■ The problem ■
Identify and pull out each line of the entries in which "production" occurs.

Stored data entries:
<<<<
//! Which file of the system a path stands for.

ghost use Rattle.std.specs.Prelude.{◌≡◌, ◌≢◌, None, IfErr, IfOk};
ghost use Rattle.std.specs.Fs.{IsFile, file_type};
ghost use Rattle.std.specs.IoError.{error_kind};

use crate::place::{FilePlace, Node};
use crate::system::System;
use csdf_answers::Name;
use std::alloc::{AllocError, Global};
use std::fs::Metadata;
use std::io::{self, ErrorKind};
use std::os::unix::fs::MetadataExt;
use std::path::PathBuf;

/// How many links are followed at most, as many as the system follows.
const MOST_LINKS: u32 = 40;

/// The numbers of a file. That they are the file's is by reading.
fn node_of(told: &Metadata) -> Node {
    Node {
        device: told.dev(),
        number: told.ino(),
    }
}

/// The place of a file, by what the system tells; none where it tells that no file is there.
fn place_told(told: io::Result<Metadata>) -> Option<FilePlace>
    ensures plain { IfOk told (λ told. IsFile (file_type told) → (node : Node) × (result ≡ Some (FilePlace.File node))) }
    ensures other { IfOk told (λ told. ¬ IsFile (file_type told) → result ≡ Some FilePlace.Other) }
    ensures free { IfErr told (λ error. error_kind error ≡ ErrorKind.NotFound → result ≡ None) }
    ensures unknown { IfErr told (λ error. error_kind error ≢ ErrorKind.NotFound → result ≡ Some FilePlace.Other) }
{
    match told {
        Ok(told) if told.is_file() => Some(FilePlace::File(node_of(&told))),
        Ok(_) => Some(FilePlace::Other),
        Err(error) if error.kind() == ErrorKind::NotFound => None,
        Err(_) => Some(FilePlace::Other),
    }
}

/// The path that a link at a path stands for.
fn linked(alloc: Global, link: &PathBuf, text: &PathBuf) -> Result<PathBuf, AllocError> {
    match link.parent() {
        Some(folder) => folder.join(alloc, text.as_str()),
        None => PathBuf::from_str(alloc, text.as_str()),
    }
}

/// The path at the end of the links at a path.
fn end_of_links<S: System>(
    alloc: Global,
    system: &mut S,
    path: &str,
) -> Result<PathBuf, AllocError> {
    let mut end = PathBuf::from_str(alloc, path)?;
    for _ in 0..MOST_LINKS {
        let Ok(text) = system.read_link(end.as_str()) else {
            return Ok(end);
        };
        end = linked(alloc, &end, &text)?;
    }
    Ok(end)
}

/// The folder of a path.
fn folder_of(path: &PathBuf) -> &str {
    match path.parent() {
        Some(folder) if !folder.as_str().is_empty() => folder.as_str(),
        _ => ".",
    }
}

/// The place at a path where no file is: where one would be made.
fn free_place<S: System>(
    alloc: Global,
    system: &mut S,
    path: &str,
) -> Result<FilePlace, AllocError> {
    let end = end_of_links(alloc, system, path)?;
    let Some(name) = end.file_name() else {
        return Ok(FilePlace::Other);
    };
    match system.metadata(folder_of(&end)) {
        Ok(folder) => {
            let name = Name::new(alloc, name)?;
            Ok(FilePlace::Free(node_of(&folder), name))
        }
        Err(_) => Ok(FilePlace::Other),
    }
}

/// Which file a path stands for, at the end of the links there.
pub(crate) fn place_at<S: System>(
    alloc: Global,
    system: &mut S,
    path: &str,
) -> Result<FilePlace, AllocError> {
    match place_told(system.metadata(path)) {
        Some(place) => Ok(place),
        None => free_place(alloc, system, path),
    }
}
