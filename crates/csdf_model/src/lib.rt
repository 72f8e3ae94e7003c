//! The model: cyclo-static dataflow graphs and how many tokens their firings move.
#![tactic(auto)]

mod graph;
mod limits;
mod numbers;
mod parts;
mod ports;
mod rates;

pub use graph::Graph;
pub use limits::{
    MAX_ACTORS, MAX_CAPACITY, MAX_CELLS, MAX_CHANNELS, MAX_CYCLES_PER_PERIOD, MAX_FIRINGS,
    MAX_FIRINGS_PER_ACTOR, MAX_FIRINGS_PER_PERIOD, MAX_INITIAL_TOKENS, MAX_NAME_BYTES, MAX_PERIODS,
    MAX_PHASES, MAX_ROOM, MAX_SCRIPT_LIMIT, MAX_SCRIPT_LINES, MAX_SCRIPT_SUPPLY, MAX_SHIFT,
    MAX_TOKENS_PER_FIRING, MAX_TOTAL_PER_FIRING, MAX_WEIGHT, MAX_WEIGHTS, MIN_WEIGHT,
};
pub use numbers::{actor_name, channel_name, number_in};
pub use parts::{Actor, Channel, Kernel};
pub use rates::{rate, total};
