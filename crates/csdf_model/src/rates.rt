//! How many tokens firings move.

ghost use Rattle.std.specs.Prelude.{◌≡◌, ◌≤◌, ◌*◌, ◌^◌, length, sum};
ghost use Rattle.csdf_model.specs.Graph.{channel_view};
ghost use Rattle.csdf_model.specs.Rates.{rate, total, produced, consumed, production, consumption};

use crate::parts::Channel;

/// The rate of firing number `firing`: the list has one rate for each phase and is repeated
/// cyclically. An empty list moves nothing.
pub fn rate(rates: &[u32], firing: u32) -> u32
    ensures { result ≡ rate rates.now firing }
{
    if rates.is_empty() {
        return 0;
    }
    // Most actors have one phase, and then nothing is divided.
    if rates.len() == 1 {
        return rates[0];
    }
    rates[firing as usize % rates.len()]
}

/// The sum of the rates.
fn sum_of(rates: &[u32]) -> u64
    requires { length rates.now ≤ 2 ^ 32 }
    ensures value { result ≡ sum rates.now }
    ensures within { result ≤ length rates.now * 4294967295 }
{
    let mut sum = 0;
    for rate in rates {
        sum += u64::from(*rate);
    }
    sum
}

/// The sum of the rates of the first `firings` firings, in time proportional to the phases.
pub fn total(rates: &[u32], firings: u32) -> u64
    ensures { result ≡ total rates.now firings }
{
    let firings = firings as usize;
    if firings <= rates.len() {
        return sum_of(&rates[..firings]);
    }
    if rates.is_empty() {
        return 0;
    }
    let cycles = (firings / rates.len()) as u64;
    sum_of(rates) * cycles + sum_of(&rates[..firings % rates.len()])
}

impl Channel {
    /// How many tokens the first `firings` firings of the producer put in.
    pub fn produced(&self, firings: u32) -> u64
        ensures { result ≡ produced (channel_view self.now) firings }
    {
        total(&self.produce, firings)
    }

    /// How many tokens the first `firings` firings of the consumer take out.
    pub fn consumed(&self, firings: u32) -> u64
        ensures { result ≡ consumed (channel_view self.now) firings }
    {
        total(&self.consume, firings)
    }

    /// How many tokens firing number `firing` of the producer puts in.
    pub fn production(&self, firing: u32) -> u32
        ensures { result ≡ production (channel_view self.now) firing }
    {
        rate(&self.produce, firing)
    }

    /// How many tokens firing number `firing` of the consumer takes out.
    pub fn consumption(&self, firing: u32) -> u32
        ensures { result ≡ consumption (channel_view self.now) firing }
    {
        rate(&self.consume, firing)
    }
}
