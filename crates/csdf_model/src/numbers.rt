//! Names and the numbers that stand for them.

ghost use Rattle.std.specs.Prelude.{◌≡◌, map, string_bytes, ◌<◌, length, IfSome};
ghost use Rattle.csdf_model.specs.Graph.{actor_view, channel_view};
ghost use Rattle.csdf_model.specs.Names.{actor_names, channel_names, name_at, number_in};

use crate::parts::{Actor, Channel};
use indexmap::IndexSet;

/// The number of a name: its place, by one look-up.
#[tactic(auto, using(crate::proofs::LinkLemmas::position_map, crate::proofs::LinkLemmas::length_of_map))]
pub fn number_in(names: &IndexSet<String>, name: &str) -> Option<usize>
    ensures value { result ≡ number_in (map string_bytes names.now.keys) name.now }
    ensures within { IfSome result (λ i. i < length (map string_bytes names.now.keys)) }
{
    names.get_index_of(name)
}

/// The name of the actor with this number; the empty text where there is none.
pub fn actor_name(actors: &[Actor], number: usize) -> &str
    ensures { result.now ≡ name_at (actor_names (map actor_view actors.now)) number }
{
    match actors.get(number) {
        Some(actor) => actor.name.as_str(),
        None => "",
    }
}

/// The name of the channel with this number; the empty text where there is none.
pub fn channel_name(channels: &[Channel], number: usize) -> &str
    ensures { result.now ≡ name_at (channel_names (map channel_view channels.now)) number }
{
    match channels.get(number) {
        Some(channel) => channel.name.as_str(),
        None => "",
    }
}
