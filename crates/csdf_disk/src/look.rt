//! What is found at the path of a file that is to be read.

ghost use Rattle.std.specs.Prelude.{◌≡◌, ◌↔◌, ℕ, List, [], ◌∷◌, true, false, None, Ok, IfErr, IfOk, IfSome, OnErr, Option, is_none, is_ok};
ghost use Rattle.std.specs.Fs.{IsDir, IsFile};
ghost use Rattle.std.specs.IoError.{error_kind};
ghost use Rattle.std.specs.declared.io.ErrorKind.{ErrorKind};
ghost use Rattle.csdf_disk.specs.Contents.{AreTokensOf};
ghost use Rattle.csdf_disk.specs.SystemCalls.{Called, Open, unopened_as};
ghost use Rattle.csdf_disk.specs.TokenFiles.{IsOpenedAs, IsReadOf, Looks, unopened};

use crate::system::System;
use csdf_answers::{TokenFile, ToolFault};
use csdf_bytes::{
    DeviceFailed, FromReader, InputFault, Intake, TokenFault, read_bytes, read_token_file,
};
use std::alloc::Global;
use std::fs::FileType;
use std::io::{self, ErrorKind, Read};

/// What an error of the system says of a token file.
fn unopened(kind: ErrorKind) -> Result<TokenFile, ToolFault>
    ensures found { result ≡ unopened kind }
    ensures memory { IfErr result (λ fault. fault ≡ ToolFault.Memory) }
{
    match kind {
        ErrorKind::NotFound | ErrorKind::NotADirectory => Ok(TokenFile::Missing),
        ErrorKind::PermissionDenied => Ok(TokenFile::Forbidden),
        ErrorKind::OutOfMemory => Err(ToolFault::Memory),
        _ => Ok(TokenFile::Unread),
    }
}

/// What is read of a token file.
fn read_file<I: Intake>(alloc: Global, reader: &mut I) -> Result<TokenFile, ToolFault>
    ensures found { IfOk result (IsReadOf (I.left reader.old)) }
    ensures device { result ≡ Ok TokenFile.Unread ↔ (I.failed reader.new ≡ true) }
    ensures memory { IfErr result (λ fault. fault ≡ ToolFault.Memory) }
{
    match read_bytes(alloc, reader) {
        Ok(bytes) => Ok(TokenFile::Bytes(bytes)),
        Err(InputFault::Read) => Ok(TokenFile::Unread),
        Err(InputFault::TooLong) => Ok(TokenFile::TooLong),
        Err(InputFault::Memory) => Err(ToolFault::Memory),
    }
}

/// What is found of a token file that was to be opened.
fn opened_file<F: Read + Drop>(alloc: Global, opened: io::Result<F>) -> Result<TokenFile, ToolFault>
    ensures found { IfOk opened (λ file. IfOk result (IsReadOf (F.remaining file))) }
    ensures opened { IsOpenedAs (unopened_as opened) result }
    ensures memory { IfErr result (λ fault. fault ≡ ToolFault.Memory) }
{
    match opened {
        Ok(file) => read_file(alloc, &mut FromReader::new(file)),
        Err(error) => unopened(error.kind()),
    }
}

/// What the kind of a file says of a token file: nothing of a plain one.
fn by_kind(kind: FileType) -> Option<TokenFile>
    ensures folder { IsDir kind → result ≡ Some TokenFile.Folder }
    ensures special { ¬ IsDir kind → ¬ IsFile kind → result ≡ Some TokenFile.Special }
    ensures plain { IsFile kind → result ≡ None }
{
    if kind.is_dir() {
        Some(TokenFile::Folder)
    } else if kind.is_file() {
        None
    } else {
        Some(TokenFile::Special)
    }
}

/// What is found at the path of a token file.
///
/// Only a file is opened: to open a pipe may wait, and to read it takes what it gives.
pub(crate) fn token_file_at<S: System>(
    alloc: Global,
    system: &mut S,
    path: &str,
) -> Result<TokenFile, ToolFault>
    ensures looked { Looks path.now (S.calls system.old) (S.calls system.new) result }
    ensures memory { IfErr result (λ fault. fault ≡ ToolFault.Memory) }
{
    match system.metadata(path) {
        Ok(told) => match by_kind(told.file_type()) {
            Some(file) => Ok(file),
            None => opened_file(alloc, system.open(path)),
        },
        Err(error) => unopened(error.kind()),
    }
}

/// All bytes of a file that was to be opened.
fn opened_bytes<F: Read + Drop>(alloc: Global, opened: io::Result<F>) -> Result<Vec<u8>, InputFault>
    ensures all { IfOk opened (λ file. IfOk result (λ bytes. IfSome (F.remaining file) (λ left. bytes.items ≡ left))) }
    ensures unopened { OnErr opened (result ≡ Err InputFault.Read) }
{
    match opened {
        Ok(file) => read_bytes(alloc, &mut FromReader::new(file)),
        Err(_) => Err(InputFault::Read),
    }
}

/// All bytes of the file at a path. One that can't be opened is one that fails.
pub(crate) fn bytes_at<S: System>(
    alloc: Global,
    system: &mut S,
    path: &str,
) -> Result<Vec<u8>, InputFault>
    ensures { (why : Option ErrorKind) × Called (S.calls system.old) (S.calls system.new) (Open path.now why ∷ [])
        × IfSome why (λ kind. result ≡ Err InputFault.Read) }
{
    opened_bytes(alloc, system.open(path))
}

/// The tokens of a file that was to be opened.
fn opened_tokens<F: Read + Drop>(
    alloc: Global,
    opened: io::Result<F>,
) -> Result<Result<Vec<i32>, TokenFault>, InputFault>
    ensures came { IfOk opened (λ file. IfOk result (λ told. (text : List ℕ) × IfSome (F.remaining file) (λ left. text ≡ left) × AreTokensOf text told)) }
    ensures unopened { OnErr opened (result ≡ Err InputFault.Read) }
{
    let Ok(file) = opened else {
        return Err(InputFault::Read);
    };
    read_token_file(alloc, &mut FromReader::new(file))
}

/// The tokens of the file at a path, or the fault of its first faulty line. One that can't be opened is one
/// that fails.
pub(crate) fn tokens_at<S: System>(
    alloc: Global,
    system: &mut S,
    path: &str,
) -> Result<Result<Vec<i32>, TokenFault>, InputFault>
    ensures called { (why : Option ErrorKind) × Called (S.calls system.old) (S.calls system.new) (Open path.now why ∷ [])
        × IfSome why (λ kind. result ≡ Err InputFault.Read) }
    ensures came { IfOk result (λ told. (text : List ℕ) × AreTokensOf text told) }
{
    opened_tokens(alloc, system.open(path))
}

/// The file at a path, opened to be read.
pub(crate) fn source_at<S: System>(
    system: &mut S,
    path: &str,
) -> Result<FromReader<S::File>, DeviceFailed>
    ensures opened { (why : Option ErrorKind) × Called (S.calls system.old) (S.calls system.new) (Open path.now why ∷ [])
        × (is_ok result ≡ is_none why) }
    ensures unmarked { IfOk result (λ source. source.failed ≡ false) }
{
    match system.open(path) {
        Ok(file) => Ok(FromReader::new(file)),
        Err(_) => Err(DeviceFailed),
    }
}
>>>>
■ Written reply ■
ghost use Rattle.csdf_model.specs.Rates.{rate, total, produced, consumed, production, consumption};
    pub fn production(&self, firing: u32) -> u32
        ensures { result ≡ production (channel_view self.now) firing }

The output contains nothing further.